High-performance triboelectric nanogenerator with enhanced energy density based on single-step fluorocarbon plasma treatment

Abstract

Recently triboelectric nanogenerator (TENG) devices that transform environmental mechanical energy to electric power have been demonstrated as a renewable, clean and usable power source. However, the TENG output power still should be enhanced to better meet practical needs, and the working ability for practical applications should be further investigated. Here, we demonstrate a novel high-performance TENG by using a single-step fluorocarbon plasma treatment, which can significantly strengthen the TENG output performance. After the optimization of plasma treatment, the maximum instantaneous energy area density of the TENG with micro/nano hierarchical structures is enhanced by 278% to 4.85mW/cm2, with a peak output voltage of 265V and current density of 18.3μA/cm2. The reliability and stability of this single-step fluorocarbon plasma enhancement process were widely and deeply investigated by systematically comparative experiments.
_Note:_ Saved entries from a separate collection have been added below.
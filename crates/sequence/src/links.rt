// Which variables follow which: a head follows each variable that one of its rules reads by its mask.
ghost use Rattle.std.specs.Prelude.{◌≡◌, ◌<◌, ◌≤◌, length};
ghost use Rattle.format.specs.Limits.{max_variables, max_rules, max_terms};
ghost use Rattle.program.specs.Program.{rule_of};
ghost use Rattle.parts.specs.Values.{rule_header};
ghost use Rattle.sequence.specs.Standing.{RulesStand};

use parts::places::value_at;
use parts::rules;
use sets::Set;
use tables::{Tables, mask_in, place_in};
use words::Words;

// Node y follows node x, if there is a row for x.
fn mark(rows: &mut [u64], x: usize, y: usize)
    requires { (x < max_variables) × (y < max_variables) }
    ensures { length rows.new ≡ length rows.old }
{
    let at = Set::WORDS * x + y / Words::BITS;
    if at < rows.len() {
        rows[at] = rows[at] | (1u64 << (y % Words::BITS));
    }
}

// Position j of a rule, if its bit is set in the mask: the head follows its variable, or turned round its variable the head.
fn link_position(value: &[u8], head: u8, mask: u32, j: usize, turned: bool, rows: &mut [u64])
    requires { (rule_header ≤ length value.now) × (j < length (rule_of value.now).terms) × (j < max_terms) }
    ensures { length rows.new ≡ length rows.old }
{
    if (mask >> j) % 2 == 1 {
        let h = format::wide(head);
        let x = format::wide(rules::variable_at(value, j));
        if turned {
            mark(rows, h, x);
        } else {
            mark(rows, x, h);
        }
    }
}

// The rule in a field's value.
fn link_rule(value: &[u8], mask: u32, turned: bool, rows: &mut [u64])
    requires { (rule_header ≤ length value.now) × (length (rule_of value.now).terms ≤ max_terms) }
    ensures { length rows.new ≡ length rows.old }
{
    let rule = rules::header(value);
    let n = rules::positions(value);
    for j in 0..n {
        link_position(value, rule.head, mask, j, turned, rows);
    }
}

// The mask of rule i, 0 where it is none of the live rules.
pub fn mask_of(masks: &[u32], live: &[u64; Tables::ROW], i: usize) -> u32
    requires { i < max_rules }
{
    if words::has_bit(live, i) {
        mask_in(masks, i)
    } else {
        0
    }
}

// Every rule.
pub fn link(
    file: &[u8],
    rules: usize,
    offsets: &[u16],
    masks: &[u32],
    live: &[u64; Tables::ROW],
    turned: bool,
    rows: &mut [u64],
)
    requires { (rules ≤ max_rules) × RulesStand file.now offsets.now rules }
    ensures { length rows.new ≡ length rows.old }
{
    for i in 0..rules {
        let mask = mask_of(masks, live, i);
        link_rule(value_at(file, place_in(offsets, i)), mask, turned, rows);
    }
}

// No edge.
pub fn unlink(rows: &mut [u64])
    ensures { length rows.new ≡ length rows.old }
{
    rows.fill(0);
}
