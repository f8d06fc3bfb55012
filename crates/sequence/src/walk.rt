// A search of a graph, depth first: rows of lent words have for each node those that follow it. What it finds is advice: nothing is asked of it but that it
// ends and stays inside what it is lent.
ghost use Rattle.std.specs.Prelude.{◌≡◌, ◌<◌, ◌≤◌, length};
ghost use Rattle.format.specs.Limits.{max_variables};
ghost use Rattle.words.specs.Bit.{word_bits, word_count};

use format::Format;
use sets::Set;
use words::Words;

// How many nodes are on the way, and how many are done.
#[derive(Drop)]
pub struct Walk {
    pub depth: usize,
    pub done: usize,
}

// A number as a node.
pub fn node(i: usize) -> u8 {
    (i % Format::MAX_VARIABLES) as u8
}

// Puts a node at place i of a list, if there is such a place.
pub fn put(list: &mut [u8; Format::MAX_VARIABLES], i: usize, x: u8)
    requires { length list.old ≡ max_variables }
    ensures { length list.new ≡ max_variables }
{
    if i < Format::MAX_VARIABLES {
        list[i] = x;
    }
}

// The node at place i of a list; 0 where there is no such place.
pub fn get(list: &[u8; Format::MAX_VARIABLES], i: usize) -> u8 {
    if i < Format::MAX_VARIABLES {
        return list[i];
    }
    0
}

// How many zeros stand below the lowest bit of a word.
fn zeros_below(w: u64) -> usize
    ensures { result ≤ word_bits }
{
    u64::trailing_zeros(w) as usize
}

// The word at place i of the rows; none follows past their end.
fn word(rows: &[u64], i: usize) -> u64 {
    if i < rows.len() {
        return rows[i];
    }
    0
}

// The first node that follows x and is still fresh.
fn first_fresh(rows: &[u64], x: u8, fresh: &[u64; Set::WORDS]) -> Option<usize> {
    let from = Set::WORDS * format::wide(x);
    for (t, &left) in fresh.iter().enumerate() {
        let w = word(rows, from + t) & left;
        if w != 0 {
            return Some(Words::BITS * t + zeros_below(w));
        }
    }
    None
}

// One step from the last node on the way: to a fresh node that follows it, or, where there is none, it is done and goes to the list.
fn advance(
    rows: &[u64],
    fresh: &mut [u64; Set::WORDS],
    way: &mut [u8; Format::MAX_VARIABLES],
    list: &mut [u8; Format::MAX_VARIABLES],
    walk: Walk,
) -> Walk
    requires fresh_len { (length fresh.old ≡ word_count) × (length way.old ≡ max_variables) × (length list.old ≡ max_variables) }
    requires depth_nonzero { (0 < walk.depth) × (walk.depth ≤ max_variables) × (walk.done < max_variables) }
    ensures fresh_len_2 { (length fresh.new ≡ word_count) × (length way.new ≡ max_variables) × (length list.new ≡ max_variables) }
    ensures depth_le_max_variables { (result.depth ≤ max_variables) × (result.done ≤ max_variables) }
{
    let depth = walk.depth;
    let done = walk.done;
    let x = get(way, depth - 1);
    let next = first_fresh(rows, x, fresh);
    if depth < Format::MAX_VARIABLES {
        if let Some(i) = next {
            let y = node(i);
            words::drop_bit(fresh, format::wide(y));
            put(way, depth, y);
            return Walk {
                depth: depth + 1,
                done,
            };
        }
    }
    put(list, done, x);
    Walk {
        depth: depth - 1,
        done: done + 1,
    }
}

// From a fresh node x: it and every fresh node that can be reached go to the list, from place `done` on, each after those that follow it. It answers the
// place after the last one.
pub fn walk_from(
    rows: &[u64],
    x: u8,
    fresh: &mut [u64; Set::WORDS],
    way: &mut [u8; Format::MAX_VARIABLES],
    list: &mut [u8; Format::MAX_VARIABLES],
    done: usize,
) -> usize
    requires fresh_len { (length fresh.old ≡ word_count) × (length way.old ≡ max_variables) × (length list.old ≡ max_variables) }
    requires done_le_max_variables { done ≤ max_variables }
    ensures fresh_len_2 { (length fresh.new ≡ word_count) × (length way.new ≡ max_variables) × (length list.new ≡ max_variables) }
    ensures upper_bound { result ≤ max_variables }
{
    if !words::has_bit(fresh, format::wide(x)) {
        return done;
    }
    words::drop_bit(fresh, format::wide(x));
    put(way, 0, x);
    let mut walk = Walk { depth: 1, done };
    for _ in 0..2 * Format::MAX_VARIABLES {
        if walk.depth == 0 {
            return walk.done;
        }
        if walk.done == Format::MAX_VARIABLES {
            return walk.done;
        }
        walk = advance(rows, fresh, way, list, walk);
    }
    walk.done
}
The density functional theory (DFT) is employed to analyze the chemical modification mechanism of this fluorocarbon plasma treatment, modeling for the first time the energy required for electron transfer for different friction materials at molecular level based on first-principle calculations. The ability of this TENG to work in the practical environmental, especially in the biomedical field, has been demonstrated by the investigation of the effect of the key environmental factor (i.e., humidity) on the TENG output performance, and a quantitative relation has been figured out. Based on this relation, humidity is established as a new consideration for future studies of TENG performance, and a novel self-powered humidity monitoring sensor is proposed. This high-output TENG is also successfully applied to drive an implantable microneedle electrode array to stimulate a frog's sciatic nerve. This represents the first application of a TENG for sustainably powering a biomedical microsystem implanted in real biological tissue, moving closer to practical biomedical applications of TENGs.